“God doesn’t need your good works; your neighbor does.” – Martin Luther
“The Reformation leveled the playing field and revealed the janitor is as holy as the Pope.” – Jeff Rose
“[The elect] are gathered into Christ’s flock by a call not immediately at birth, and not all at the same time, but according as it pleases God to dispense His grace to them. But before they are gathered unto that supreme Shepherd, they wander scattered in the wilderness common to all; and they do not differ at all from others except that they are protected by God’s special mercy from rushing headlong into the final ruin of death.” – John Calvin, Institutes, 3.24.10.
“In his unregenerate state man never adequately realizes his utterly hopeless condition. He imagines he is able to reform himself and turn to God if he chooses.” – Lorraine Boettner
“There are no loose threads in the providence of God, no stitches are dropped, no events are left to chance. The great clock of the universe keeps good time, and the whole machinery of providence moves with unerring punctuality.” – C. H. Spurgeon
“There is nothing that keeps wicked men at any one moment out of hell, but the mere pleasure of God.” – Jonathan Edwards
“The human heart has so many crannies where vanity hides, so many holes where falsehood lurks, is so decked out with deceiving hypocrisy, that it often dupes itself.” – John Calvin, A Calvin Treasury. Christianity Today, v. 37, n. 4.
“We must learn where our personal weaknesses lie. Once they are identified, we must be ruthless in dealing with them. Earlier generations called this the “mortification of the flesh,” that is, pronouncing the death sentence upon sin and putting that sentence into daily effect by killing all that sets itself against God’s purpose in our lives.” – Alistair Begg, Made For His Pleasure, Moody Press, 1996, p. 33.

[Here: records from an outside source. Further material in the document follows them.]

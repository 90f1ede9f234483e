//! The expressions of int constants, brackets, unary `-` and binary `+ - * /`, from the tree.

ghost use Rattle.std.specs.Prelude.{◌≡◌, ◌+◌, ◌<◌, ◌≤◌, ◌^◌, ◌↔◌, IfOk, IsTrue, MatchOption};
ghost use Rattle.c_lex.specs.Source.{text_in};
ghost use Rattle.c_lex.specs.Constant.{int_constant};
ghost use Rattle.normal_form.specs.ConstantExpression.{IsConstant};
ghost use Rattle.normal_form.specs.ConstantForm as spec;
ghost use Rattle.program.specs.Numbers.{count_expr};

use c_lex::{Longs, Token, int_constant};
use c_tree::{Ex, ExForm};
use c_types::IntKind;
use program::{BinOp, Expr, UnOp};
use sqlite_items::Boxed;
use std::alloc::{AllocError, Global};

/// The text of a token of the file.
pub fn text_in<'a>(file: &'a [u8], tokens: &[Token], i: u32) -> &'a [u8]
    ensures { result.now ≡ text_in file.now tokens.now i }
{
    match tokens.get(i as usize) {
        Some(token) => token.text(file),
        None => &file[..0],
    }
}

/// The expression of an int constant.
fn int_of(text: &[u8]) -> Option<Expr>
    ensures { result ≡ spec.int_of (int_constant text.now) }
{
    let c = int_constant(text)?;
    if !c.unsigned && c.longs == Longs::Zero && c.value < 2147483648 {
        Some(Expr::Const(IntKind::Int, c.value as i128))
    } else {
        None
    }
}

fn operator(text: &[u8]) -> Option<BinOp>
    ensures { result ≡ spec.operator text.now }
{
    if text == b"+".as_slice() {
        Some(BinOp::Add)
    } else if text == b"-".as_slice() {
        Some(BinOp::Sub)
    } else if text == b"*".as_slice() {
        Some(BinOp::Mul)
    } else if text == b"/".as_slice() {
        Some(BinOp::Div)
    } else {
        None
    }
}

fn negated(alloc: Global, text: &[u8], operand: Option<Expr>) -> Result<Option<Expr>, AllocError>
    ensures { IfOk result (λ e. e ≡ spec.negated text.now operand) }
{
    match operand {
        Some(a) if text == b"-".as_slice() => {
            Ok(Some(Expr::Unary(UnOp::Neg, Boxed::new(alloc, a)?)))
        }
        _ => Ok(None),
    }
}

fn combined(
    alloc: Global,
    op: Option<BinOp>,
    left: Option<Expr>,
    right: Option<Expr>,
) -> Result<Option<Expr>, AllocError>
    ensures { IfOk result (λ e. e ≡ spec.combined op left right) }
{
    let Some(op) = op else { return Ok(None) };
    let Some(left) = left else { return Ok(None) };
    let Some(right) = right else { return Ok(None) };
    let left = Boxed::new(alloc, left)?;
    Ok(Some(Expr::Binary(op, left, Boxed::new(alloc, right)?)))
}

/// The expression that a tree stands for, where it is made of int constants, brackets, unary `-` and binary `+ - * /`.
/// `Err` only for want of memory.
#[cycle(folding)]
pub fn constant_of(
    alloc: Global,
    file: &[u8],
    tokens: &[Token],
    e: &Ex,
) -> Result<Option<Expr>, AllocError>
    ensures { IfOk result (λ made. made ≡ spec.constant_of (text_in file.now tokens.now) e.now) }
{
    match &e.form {
        ExForm::Int => Ok(int_of(text_in(file, tokens, e.at))),
        ExForm::Paren(a) => constant_of(alloc, file, tokens, a.get()),
        ExForm::Unary(a) => {
            let a = constant_of(alloc, file, tokens, a.get())?;
            negated(alloc, text_in(file, tokens, e.at), a)
        }
        ExForm::Binary(op, a, b) => {
            let a = constant_of(alloc, file, tokens, a.get())?;
            let b = constant_of(alloc, file, tokens, b.get())?;
            combined(alloc, operator(text_in(file, tokens, *op)), a, b)
        }
        _ => Ok(None),
    }
}

/// How many subexpressions a constant expression has, itself among them; `None` where they are 2^32 or more.
#[cycle(counting)]
#[tactic(auto, using(crate::proofs::ConstantCounts::constant_counts))]
fn count_of(e: &Expr) -> Option<u32>
    requires { IsConstant e.now }
    ensures { MatchOption result (2 ^ 32 ≤ count_expr e.now) (λ n. n ≡ count_expr e.now) }
{
    match e {
        Expr::Const(_, _) => Some(1),
        Expr::Unary(_, a) => count_of(a.get())?.checked_add(1),
        Expr::Binary(_, a, b) => {
            let left = count_of(a.get())?;
            let right = count_of(b.get())?;
            left.checked_add(right)?.checked_add(1)
        }
        Expr::Null | Expr::Load(_, _) | Expr::Addr(_) | Expr::Start(_) | Expr::Cast(_, _) => {
            unreachable!()
        }
    }
}

/// Whether the numbers of a constant expression's subexpressions lie below 2^32, where that of the target comes first.
pub fn is_numbered(e: &Expr) -> bool
    requires { IsConstant e.now }
    ensures { IsTrue result ↔ 1 + count_expr e.now < 2 ^ 32 }
{
    match count_of(e) {
        Some(count) => count < u32::MAX,
        None => false,
    }
}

“Sin cannot dethrone God. That is what sin aims to do, but it misses its mark. Sin brings guilt to a man, but it does not bring him one ounce of sovereignty. God rules even when men imagine they are defying Him.” – Tom Wells
“Take this rule: whatever weakens your reason, impairs the tenderness of your conscience, obscures your sense of God, or takes off the relish of spiritual things; in short, whatever increases the strength and authority of your body over mind, that thing is sin to you, however innocent it may be in itself.” – Susanna Wesley: The Complete Writings, ed. by Charles Wallace Jr, (New York: Oxford University Press, 1997), 109.